Actually, we might blame our present education system for this latter-day lapse.
Reading culture; whatever happened? What are our students not reading anymore? During our time, I remember we used to ‘devour’ James Hardly Chase, Agatha Christie, Nick Carter, Barbara Cartland and many other European and American writers. Then there was the whole range of AWS (African Writers Series), Tales of Wamugumo, Charity Waciuma, Magaga Alot, Ogot, Maillu; name them. That served to sharpen our English. We mastered syntax and diction. We knew spelling, idiomatic expressions, hyperbole, etc; just by reading voraciously. After all, we were students; what else were we to do, apart from reading?
We, as a country, should encourage a reading culture in our students. It should become part of the official policy of the Government. One of my professor friends told us in a workshop that a colleague, supervising masters’ students in economics in a local university, told him that he does not mark the language, but the ideas. Those doing language related courses, he said, could bother with the finer aspects of language; for him, the economic aspects superseded the purely linguistic considerations. Thus somebody could pick his Masters’ degree in Economics by writing a presentation full of spelling and grammatical errors, and still don the cap and hood of a scholar in Economics! Dead scholarship, if you ask me. Tragic.
The Ministry of Education should step in and save us the embarrassment of having such half-baked scholars gracing our scholarship ranks. How can they do this? By helping promote the reading culture.
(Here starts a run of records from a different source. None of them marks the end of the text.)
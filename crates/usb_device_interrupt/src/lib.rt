// `on_interrupt` of the source: it reads the three interrupt registers, which clears them, and takes what it read into the flags.

#![tactic(auto)]

ghost use Rattle.std.specs.Prelude.{◌≡◌, ◌<◌, ◌≤◌};
ghost use Rattle.laws.specs.Words.{bit};
ghost use Rattle.event_rules.specs.Events.{bus_bit};
ghost use Rattle.record.specs.Record.{endpoints_in};
ghost use Rattle.call_rules.specs.Interrupt.{snapshot_of, cleared, bus_taken, raised_if, endpoint_taken, taken, interrupt_call};

use board::{Board, Direction};
use call_rules::Snapshot;
use event_rules::BusEvent;
use record::{Answered, Flags, Record, Refusal, Reply};

pub fn on_interrupt(k: Record) -> Answered<Reply<()>>
    ensures { result ≡ interrupt_call k }
{
    let mut o = Answered {
        record: k,
        answer: Ok(()),
    };
    if !record_ops::sound(k.regs.board, &k.regs.words, k.irq) {
        o.answer = Err(Refusal::BadRecord);
        return o;
    }
    o.record.irq = interrupt(k.regs.board, &mut o.record.regs.words, k.irq);
    o
}

fn interrupt(b: Board, w: &mut [u16; 46], f: Flags) -> Flags
    ensures { (result ≡ taken (endpoints_in b) (snapshot_of w.old) f) × (w.new ≡ cleared w.old) }
{
    let s = snap(w);
    take(record_ops::endpoints(b), s, f)
}

fn snap(w: &mut [u16; 46]) -> Snapshot
    ensures { (result ≡ snapshot_of w.old) × (w.new ≡ cleared w.old) }
{
    let u = events::read_intrusb(w);
    let t = events::read_intr(w, Direction::In);
    let x = events::read_intr(w, Direction::Out);
    Snapshot {
        usb: u,
        tx: t,
        rx: x,
    }
}

// A snapshot, taken into the flags of a board with so many endpoints.
fn take(count: u8, s: Snapshot, f: Flags) -> Flags
    requires { count ≤ 6 }
    ensures { result ≡ taken count s f }
{
    let mut o = take_bus(s, f);
    for index in 1..count {
        o = take_endpoint(s, o, index);
    }
    o
}

// The flags of the bus, and endpoint 0's.
fn take_bus(s: Snapshot, f: Flags) -> Flags
    ensures { result ≡ bus_taken s f }
{
    let mut o = f;
    o.reset = f.reset | has_event(s.usb, BusEvent::Reset);
    o.suspend = f.suspend | has_event(s.usb, BusEvent::Suspend);
    o.resume = f.resume | has_event(s.usb, BusEvent::Resume);
    o.ep0 = f.ep0 | laws::has_bit(s.tx, 0);
    o
}

// Whether a bus event was found in the bus register.
fn has_event(usb: u16, o: BusEvent) -> bool
    ensures { result ≡ bit usb (bus_bit o) }
{
    laws::has_bit(usb, events::bus_bit(o))
}

fn take_endpoint(s: Snapshot, f: Flags, index: u8) -> Flags
    requires { index < 16 }
    ensures { result ≡ endpoint_taken s f index }
{
    let mut o = f;
    o.ep_tx = raise_if(s.tx, f.ep_tx, index);
    o.ep_rx = raise_if(s.rx, f.ep_rx, index);
    o
}

fn raise_if(read: u16, flags: u16, index: u8) -> u16
    requires { index < 16 }
    ensures { result ≡ raised_if read flags index }
{
    if laws::has_bit(read, index) {
        return laws::raise(flags, index);
    }
    flags
}
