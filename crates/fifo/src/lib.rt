// FIFO memory: one lent buffer. A packet goes to the part of it that begins at the endpoint's area.

#![tactic(auto)]

ghost use Rattle.std.specs.Prelude.{◌≡◌, ◌+◌, ◌≤◌, length, take, drop};
ghost use Rattle.laws.specs.Lists.{pasted};

use board::Span;

// A packet's bytes into its area: only the first bytes of the area change.
pub fn put_bytes(fifo: &mut [u8], area: Span, bytes: &[u8])
    requires { (length bytes.now ≤ area.size) × (area.start + area.size ≤ length fifo.old) }
    ensures { fifo.new ≡ pasted fifo.old area.start bytes.now }
{
    let at = area.start;
    let end = at + bytes.len();
    fifo[at..end].copy_from_slice(bytes);
}

// Copies a packet of n bytes out of its area, to the front of buf.
// (The whole buffer and n, not its first n bytes: the contract says what stays behind them.)
pub fn take_bytes(fifo: &[u8], area: Span, n: usize, buf: &mut [u8])
    requires { (n ≤ area.size) × (area.start + area.size ≤ length fifo.now) × (n ≤ length buf.old) }
    ensures { buf.new ≡ pasted buf.old 0 (take n (drop area.start fifo.now)) }
{
    let start = area.start;
    let end = start + n;
    buf[..n].copy_from_slice(&fifo[start..end]);
}
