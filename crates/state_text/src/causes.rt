// Why a saved text is not read.
ghost use Rattle.std.specs.Prelude.{◌≡◌};
ghost use Rattle.state_text.specs.Refusals.{line_number, number_of, place_of};

// Why a line is refused.
#[derive(Clone, Copy, Debug, PartialEq, Eq)]
pub enum LineRefusal {
    // It is no form of a saved text.
    NoForm,
    // A number is outside its range.
    OutOfRange,
    // It is out of order, or stands twice.
    OutOfOrder,
    // What it rests on is not there.
    Unrested,
    // It is a loan after 32 others.
    LoansFull,
}

impl LineRefusal {
    // The number that answers name it by.
    pub fn number(self) -> u64
        ensures { result ≡ line_number self }
    {
        match self {
            LineRefusal::NoForm => 10,
            LineRefusal::OutOfRange => 11,
            LineRefusal::OutOfOrder => 15,
            LineRefusal::Unrested => 16,
            LineRefusal::LoansFull => 51,
        }
    }
}

// Why no state is read.
#[derive(Clone, Copy, Debug, PartialEq, Eq)]
pub enum Refusal {
    // The rules that are handed in with the text are not accepted.
    RulesNotAccepted,
    // A line is bad.
    Line { refusal: LineRefusal, line: usize },
    // The state breaks a rule, and none below it.
    RuleBroken { rule: usize },
}

impl Refusal {
    // The number that answers name it by.
    pub fn number(self) -> u64
        ensures { result ≡ number_of self }
    {
        match self {
            Refusal::RulesNotAccepted => 40,
            Refusal::Line { refusal, .. } => refusal.number(),
            Refusal::RuleBroken { .. } => 17,
        }
    }

    // The line, or the rule that is broken; 0 for rules that are not accepted.
    pub fn place(self) -> usize
        ensures { result ≡ place_of self }
    {
        match self {
            Refusal::RulesNotAccepted => 0,
            Refusal::Line { line, .. } => line,
            Refusal::RuleBroken { rule } => rule,
        }
    }
}
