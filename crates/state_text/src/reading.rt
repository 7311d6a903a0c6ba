// A saved text as a state. Each line is handed on from the byte after the last one's end, and the reader's answer taken apart by a let else
// (docs/DECISIONS.md, Forms).
ghost use Rattle.std.specs.Prelude.{◌≡◌};
ghost use Rattle.forms.specs.Refusals.{numbered};
ghost use Rattle.enforcement.specs.States.{fresh, held_roles};
ghost use Rattle.state_text.specs.Refusals.{line_number};
ghost use Rattle.state_text.specs.Reading.{outcome, outcome_in, read_line, read_lines, read_state};
ghost use Rattle.state_text.specs.Parts.{next_of, checked_line};

use crate::causes::{LineRefusal, Refusal};
use crate::entries::{Entry, FORMS, STARTS, follows};
use crate::judging::lowest_broken;
use crate::lines::{has_room, put_line, rests};
use enforcement::State;
use rules::RuleList;

// A line that was read, and its length.
#[derive(Clone, Copy, Debug, PartialEq, Eq)]
pub struct Parsed {
    pub entry: Entry,
    pub length: usize,
}

// The state that a text saves, where it obeys the rules of the list.
#[tactic(auto, unfolding(crate::specs::Reading::read_state))]
pub fn read_state(list: RuleList, text: &[u8]) -> Result<State, Refusal>
    ensures { outcome result ≡ read_state list text.now }
{
    if !list.is_accepted() {
        return Err(Refusal::RulesNotAccepted);
    }
    let mut state = State::fresh();
    read_lines(text, &mut state)?;
    if let Some(rule) = lowest_broken(&list, &state) {
        return Err(Refusal::RuleBroken { rule });
    }
    Ok(state)
}

// The lines, put into the fresh state, or the first refusal with its line. The state is lent: each move of it would take stack for one more.
fn read_lines(text: &[u8], state: &mut State) -> Result<(), Refusal>
    requires { state.old ≡ fresh }
    ensures { outcome_in state.new result ≡ read_lines text.now }
{
    if text.is_empty() {
        return Err(Refusal::Line {
            refusal: LineRefusal::NoForm,
            line: 1,
        });
    }
    let mut held = state.assigned;
    let mut last = None;
    let mut rest = text;
    let mut line: usize = 1;
    while !rest.is_empty() {
        let read = next_line(rest, last, state, &held);
        let Ok(parsed) = read else {
            return Err(Refusal::Line {
                refusal: read.unwrap_err(),
                line,
            });
        };
        put_line(state, &mut held, parsed.entry);
        last = Some(parsed.entry.rank());
        rest = &rest[parsed.length..];
        line += 1;
    }
    Ok(())
}

// The line at the front of the text, where it is good after the lines before it, of which the last has the rank `last`.
fn next_line(
    text: &[u8],
    last: Option<u64>,
    state: &State,
    held: &[u32; 64],
) -> Result<Parsed, LineRefusal>
    requires { held_roles state.now ≡ held.now }
    ensures { numbered line_number result ≡ checked_line (next_of last) state.now (read_line text.now) }
{
    let parsed = scan_line(text)?;
    if !follows(last, parsed.entry.rank()) {
        return Err(LineRefusal::OutOfOrder);
    }
    if !rests(parsed.entry, state, held) {
        return Err(LineRefusal::Unrested);
    }
    if !has_room(parsed.entry, &state.loans) {
        return Err(LineRefusal::LoansFull);
    }
    Ok(parsed)
}

// The line at the front of the text: its form, with each number in its range.
fn scan_line(text: &[u8]) -> Result<Parsed, LineRefusal>
    ensures { numbered line_number result ≡ read_line text.now }
{
    let Some(found) = forms::find_likely(&FORMS, &STARTS, likely_form(text), text) else {
        return Err(LineRefusal::NoForm);
    };
    if !forms::line_in_range(&FORMS, &STARTS, found.form, &found.values) {
        return Err(LineRefusal::OutOfRange);
    }
    Ok(Parsed {
        entry: Entry::of_values(found.form, &found.values),
        length: found.length,
    })
}

// The form that a line most likely has, by its first letters. A wrong guess costs time and nothing else.
fn likely_form(text: &[u8]) -> usize {
    match text {
        [_, b'd', ..] => 7,
        [_, b'g', ..] => 2,
        [_, b'l', ..] => 3,
        [_, b'n', ..] => 0,
        [_, b'o', ..] => 4,
        [_, b'p', ..] => 5,
        [_, _, b's', ..] => 1,
        _ => 6,
    }
}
What the ministry did with the key subject areas, buying books, should also be done with class readers. The ministry should buy schools class readers, since some schools do not buy them, even if they are given resources for the same. After all, writers are custodians of social mirrors, and their role should not be down played. Let the mirrors be brought to the young people, that they may see their reflections therein.
Students are still willing to read. But basically, the only books they read are the ubiquitous ‘set books’. That is pathetic, to put it gently. It is only a sure way of restricting scholarship into a bunch of pseudo-scholars that simply have the same nicknames, but nothing else.
There are books which have been approved as relevant class readers for certain levels of learners. I am talking of the orange book. Some of these have even won international awards, like the Burt Award for Young Adult African Literature (BAYAAL). Yet Kenyan young adults have never had access to them. Why can’t they be made available for Kenyan children to read, as part of a campaign to promote reading culture? Why can’t we even start with the Award winners, both BAYAAL and Jomo Kenyatta, so that at least the efforts of our champions can be appreciated by Kenyan young adults, for which the books were written?